[BRIEF] Go through the entries below and print, exactly, the lines starting at the one with "Ok(limited(most, items, repeated))" and ending at the one with "T.name_of items.now)) repeated", keeping both ends and no others.

[INPUT RECORDS]
------

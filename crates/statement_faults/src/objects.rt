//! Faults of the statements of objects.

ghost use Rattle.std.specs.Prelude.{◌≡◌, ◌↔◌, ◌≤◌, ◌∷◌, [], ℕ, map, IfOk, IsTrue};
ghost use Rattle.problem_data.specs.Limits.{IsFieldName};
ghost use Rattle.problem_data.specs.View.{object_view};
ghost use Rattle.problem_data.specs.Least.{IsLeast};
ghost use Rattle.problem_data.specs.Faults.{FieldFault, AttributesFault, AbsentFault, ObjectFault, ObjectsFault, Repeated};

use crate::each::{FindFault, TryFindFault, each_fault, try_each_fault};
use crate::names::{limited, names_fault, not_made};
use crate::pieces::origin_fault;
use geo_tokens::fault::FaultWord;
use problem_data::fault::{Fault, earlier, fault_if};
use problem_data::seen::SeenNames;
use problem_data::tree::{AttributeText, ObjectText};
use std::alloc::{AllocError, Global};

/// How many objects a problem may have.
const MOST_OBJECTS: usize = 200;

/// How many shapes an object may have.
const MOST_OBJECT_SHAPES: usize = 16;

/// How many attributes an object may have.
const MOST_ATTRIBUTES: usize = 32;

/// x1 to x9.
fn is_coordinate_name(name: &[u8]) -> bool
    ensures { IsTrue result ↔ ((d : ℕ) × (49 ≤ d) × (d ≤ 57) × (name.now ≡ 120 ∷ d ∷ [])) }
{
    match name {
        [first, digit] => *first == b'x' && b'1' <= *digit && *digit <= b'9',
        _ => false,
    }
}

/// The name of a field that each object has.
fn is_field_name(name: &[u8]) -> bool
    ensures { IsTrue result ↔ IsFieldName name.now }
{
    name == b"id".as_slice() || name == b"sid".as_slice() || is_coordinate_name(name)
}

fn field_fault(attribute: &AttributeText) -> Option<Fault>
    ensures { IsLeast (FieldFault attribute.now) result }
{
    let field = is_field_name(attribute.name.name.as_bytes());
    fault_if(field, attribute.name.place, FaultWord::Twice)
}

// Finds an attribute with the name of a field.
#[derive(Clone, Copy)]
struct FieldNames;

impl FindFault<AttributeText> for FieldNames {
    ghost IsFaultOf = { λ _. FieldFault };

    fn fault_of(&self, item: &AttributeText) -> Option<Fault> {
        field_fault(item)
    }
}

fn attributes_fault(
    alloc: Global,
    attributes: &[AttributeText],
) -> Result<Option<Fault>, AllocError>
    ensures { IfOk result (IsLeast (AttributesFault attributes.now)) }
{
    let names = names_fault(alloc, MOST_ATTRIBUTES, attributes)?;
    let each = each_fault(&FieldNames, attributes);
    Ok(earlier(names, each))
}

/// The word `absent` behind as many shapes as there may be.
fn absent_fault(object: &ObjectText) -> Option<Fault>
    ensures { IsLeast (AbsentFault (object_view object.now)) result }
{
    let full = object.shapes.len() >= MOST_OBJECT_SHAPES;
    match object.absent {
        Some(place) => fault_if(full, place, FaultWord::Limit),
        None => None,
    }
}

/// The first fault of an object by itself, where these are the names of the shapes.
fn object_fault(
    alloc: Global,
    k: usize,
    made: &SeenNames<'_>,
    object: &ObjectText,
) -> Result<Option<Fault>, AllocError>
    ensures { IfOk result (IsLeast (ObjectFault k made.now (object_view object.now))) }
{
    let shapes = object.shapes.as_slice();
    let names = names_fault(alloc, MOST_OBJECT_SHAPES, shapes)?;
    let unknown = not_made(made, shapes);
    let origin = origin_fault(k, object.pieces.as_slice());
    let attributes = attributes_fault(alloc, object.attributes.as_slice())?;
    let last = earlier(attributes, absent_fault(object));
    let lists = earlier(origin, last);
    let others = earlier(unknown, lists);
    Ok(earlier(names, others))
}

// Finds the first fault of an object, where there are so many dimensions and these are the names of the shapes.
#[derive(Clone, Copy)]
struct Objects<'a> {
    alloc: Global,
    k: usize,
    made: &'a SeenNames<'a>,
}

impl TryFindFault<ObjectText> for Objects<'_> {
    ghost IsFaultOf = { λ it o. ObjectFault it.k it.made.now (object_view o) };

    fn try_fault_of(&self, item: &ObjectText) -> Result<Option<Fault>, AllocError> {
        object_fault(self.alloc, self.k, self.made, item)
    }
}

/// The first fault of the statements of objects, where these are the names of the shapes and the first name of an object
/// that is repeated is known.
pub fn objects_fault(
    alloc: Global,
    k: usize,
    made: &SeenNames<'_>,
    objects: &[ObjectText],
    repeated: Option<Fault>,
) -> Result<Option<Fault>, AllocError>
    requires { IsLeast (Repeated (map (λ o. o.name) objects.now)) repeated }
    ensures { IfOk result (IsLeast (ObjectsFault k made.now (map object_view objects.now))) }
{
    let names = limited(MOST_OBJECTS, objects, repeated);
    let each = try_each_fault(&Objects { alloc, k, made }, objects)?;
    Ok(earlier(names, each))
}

------

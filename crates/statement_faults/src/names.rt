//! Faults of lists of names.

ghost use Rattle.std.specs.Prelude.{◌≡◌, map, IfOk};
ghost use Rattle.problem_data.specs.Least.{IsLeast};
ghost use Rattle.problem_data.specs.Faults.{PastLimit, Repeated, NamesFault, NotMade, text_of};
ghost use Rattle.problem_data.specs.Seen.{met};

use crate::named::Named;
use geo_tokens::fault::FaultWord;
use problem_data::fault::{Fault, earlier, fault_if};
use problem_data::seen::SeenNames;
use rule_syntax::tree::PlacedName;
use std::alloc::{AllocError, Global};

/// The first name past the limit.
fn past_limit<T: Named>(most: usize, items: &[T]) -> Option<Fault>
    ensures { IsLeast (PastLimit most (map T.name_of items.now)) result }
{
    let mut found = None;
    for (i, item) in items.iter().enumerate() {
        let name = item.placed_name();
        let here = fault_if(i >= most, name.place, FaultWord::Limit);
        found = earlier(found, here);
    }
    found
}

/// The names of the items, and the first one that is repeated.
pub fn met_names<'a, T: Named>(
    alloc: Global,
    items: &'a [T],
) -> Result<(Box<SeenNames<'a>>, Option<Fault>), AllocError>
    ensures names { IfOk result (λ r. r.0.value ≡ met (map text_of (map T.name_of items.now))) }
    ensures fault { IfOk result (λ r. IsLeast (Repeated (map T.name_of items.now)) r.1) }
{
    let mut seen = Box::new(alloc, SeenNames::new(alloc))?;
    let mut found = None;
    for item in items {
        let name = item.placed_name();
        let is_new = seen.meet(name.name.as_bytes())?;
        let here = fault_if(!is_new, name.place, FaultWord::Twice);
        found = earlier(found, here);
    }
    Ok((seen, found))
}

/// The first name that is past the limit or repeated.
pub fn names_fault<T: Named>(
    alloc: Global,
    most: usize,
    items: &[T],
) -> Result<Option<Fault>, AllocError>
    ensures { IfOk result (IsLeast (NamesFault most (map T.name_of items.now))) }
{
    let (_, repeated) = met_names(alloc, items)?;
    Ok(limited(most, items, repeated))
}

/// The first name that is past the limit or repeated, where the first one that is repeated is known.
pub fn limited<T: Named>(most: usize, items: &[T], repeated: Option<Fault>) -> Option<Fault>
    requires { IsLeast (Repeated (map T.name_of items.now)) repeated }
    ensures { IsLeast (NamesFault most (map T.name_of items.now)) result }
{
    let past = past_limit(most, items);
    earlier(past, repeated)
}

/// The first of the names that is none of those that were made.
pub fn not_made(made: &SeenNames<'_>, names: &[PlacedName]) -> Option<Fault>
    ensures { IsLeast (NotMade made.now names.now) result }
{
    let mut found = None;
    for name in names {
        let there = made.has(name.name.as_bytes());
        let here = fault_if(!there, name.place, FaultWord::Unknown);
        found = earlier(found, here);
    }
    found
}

------

[WRITTEN RESPONSE]
    Ok(limited(most, items, repeated))
}

/// The first name that is past the limit or repeated, where the first one that is repeated is known.
pub fn limited<T: Named>(most: usize, items: &[T], repeated: Option<Fault>) -> Option<Fault>
    requires { IsLeast (Repeated (map T.name_of items.now)) repeated }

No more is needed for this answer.